Agreed on both counts. The level of rape, slavery, murder, and enforcing others to commit murder (I'm sure it's been successful in other locations) is utterly vile. Their trails will be on the level of the Nuremberg trails.^^ Well, I guess they had finally gone one step too far... even for Ofglen II. This was the moment when it became clear that it will be forever impossible to sufficiently punish the rulers of Gilead for their crimes, because there's simply no punishment on Earth which would be adequate for them.

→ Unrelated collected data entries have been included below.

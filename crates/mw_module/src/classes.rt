// Classes of objects.
ghost use Rattle.std.specs.Prelude.{◌≡◌, ◌++◌, ◌∷◌, [], codes, List, IfOk, OnOk};
ghost use Rattle.mw_text.specs.Names.{items_of};
ghost use Rattle.mw_module.specs.Classes as spec;
ghost use Rattle.mw_module.specs.Forms as forms;

use crate::forms::Form;
use crate::machine::{Part, part_tokens, read};
use crate::operator_names::is_plain_name;
use crate::table::{Place, Read, Role, Want, Wrong};
use crate::word::Word;
use mw_lex::Token;
use mw_term::Seq;
use std::alloc::{AllocError, Global};

/// An attribute of the objects of a class: its name, and the sort of its values.
#[derive(Drop)]
pub struct ClassAttribute<'s> {
    pub name: Word<'s>,
    pub sort: Word<'s>,
}

// The word that a part is.
fn word_of<'s>(tokens: &'s [Token], part: Part) -> Word<'s>
    ensures { result ≡ spec.word_of tokens.now part }
{
    match part_tokens(tokens, part) {
        [token, ..] => Word::lent(token.text.as_slice()),
        [] => Word::lent(&[]),
    }
}

// The attributes that parts are, a name and a sort each.
fn attributes_of<'s>(
    alloc: Global,
    tokens: &'s [Token],
    parts: &[Part],
) -> Result<Seq<ClassAttribute<'s>>, AllocError>
    ensures { IfOk result (λ attributes. attributes ≡ spec.attributes_of tokens.now parts.now) }
{
    let mut attributes = Vec::new(alloc);
    let mut rest = parts;
    while let [name, sort, behind @ ..] = rest {
        let name = word_of(tokens, *name);
        let sort = word_of(tokens, *sort);
        attributes.push(ClassAttribute { name, sort })?;
        rest = behind;
    }
    Ok(Seq::of(attributes))
}

// Whether the attributes can be operators' names.
fn are_named(attributes: &[ClassAttribute<'_>]) -> bool
    ensures { result ≡ spec.are_named attributes.now }
{
    attributes
        .iter()
        .all(|attribute| is_plain_name(attribute.name.as_slice()))
}

// A class of this name with these attributes, where they can be operators' names.
fn class_of<'s>(name: Word<'s>, attributes: Seq<ClassAttribute<'s>>) -> Result<Form<'s>, Wrong>
    ensures { forms.seen_shaped result ≡ spec.class_of name.entry attributes.entry }
{
    if is_plain_name(name.as_slice()) && are_named(attributes.as_slice()) {
        Ok(Form::Class { name, attributes })
    } else {
        Err(Wrong::Bad)
    }
}

// The name of a class, and attributes behind a bar, if there are some.
pub fn class_form<'s>(alloc: Global, tokens: &'s [Token]) -> Read<Form<'s>>
    ensures { IfOk result (λ r. forms.seen_shaped r ≡ spec.class_form tokens.now) }
{
    let parts = match read(alloc, Place::Class, Role::Silent, Want::Nothing, tokens)? {
        Ok(parts) => parts,
        Err(wrong) => return Ok(Err(wrong)),
    };
    let [name, behind @ ..] = parts.as_slice() else {
        return Ok(Err(Wrong::Bad));
    };
    let attributes = attributes_of(alloc, tokens, behind)?;
    Ok(class_of(word_of(tokens, *name), attributes))
}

I've already seen a variety of speculations: June joins the Mayday resistance and stays in Gilead to recover Hannah; June flees to Canada and is reunited with Moira and Luke and develops means of returning to Gilead to recover Hannah; or June doesn't escape, she suffers some terrible punishment similar to Emily's clitoris being cut out and Putnam's hand cut off, and is then returned to the Waterford home where she continues to work undercover with the Mayday resistance with Nick and possibly Rita. Apparently Nick's line is changed from the book (he said "Mayday" instead?) which could either mean he's lying or the show wanted to make it clearer that he's part of the resistance instead of a more ambiguous "Mayday," and the reading of his whisper to June could determine which of these scenarios may occur.I suppose we can consider it unlikely that June is going to be executed in the first episode of next season. And Nick probably didn't whisper "Just go with them, trust me..." to her for no reason. So, the goons who escorted June away at the end were either members of the resistance themselves, they were somehow bribed by Nick, or he has some other kind of elaborate rescue plan at hand. If the latter is true it could possibly take the first couple of episodes of next season to set her free.
My prediction for Season 2: After her escape, June tries to locate and save her daughter. That this is set up was pretty obvious now. My money is also on Nick somehow getting killed in a heroic fashion next season, so that he doesn't stand in the way of reuniting June with her husband.
And her final narration is practically word-for-word from the book (as I've discovered through Google).No, I'd say the season's ending was in fact closer to the book than to the film... or at best it's a cross between the two.
June's entering the van, she doesn't really know where she's taken and what's going to happen to her, and that's the end of it. She only has Nick's assurance that nothing bad is going to happen to her with no further explanation from him to the why or how. Which is more or less what happened in the novel IIRC.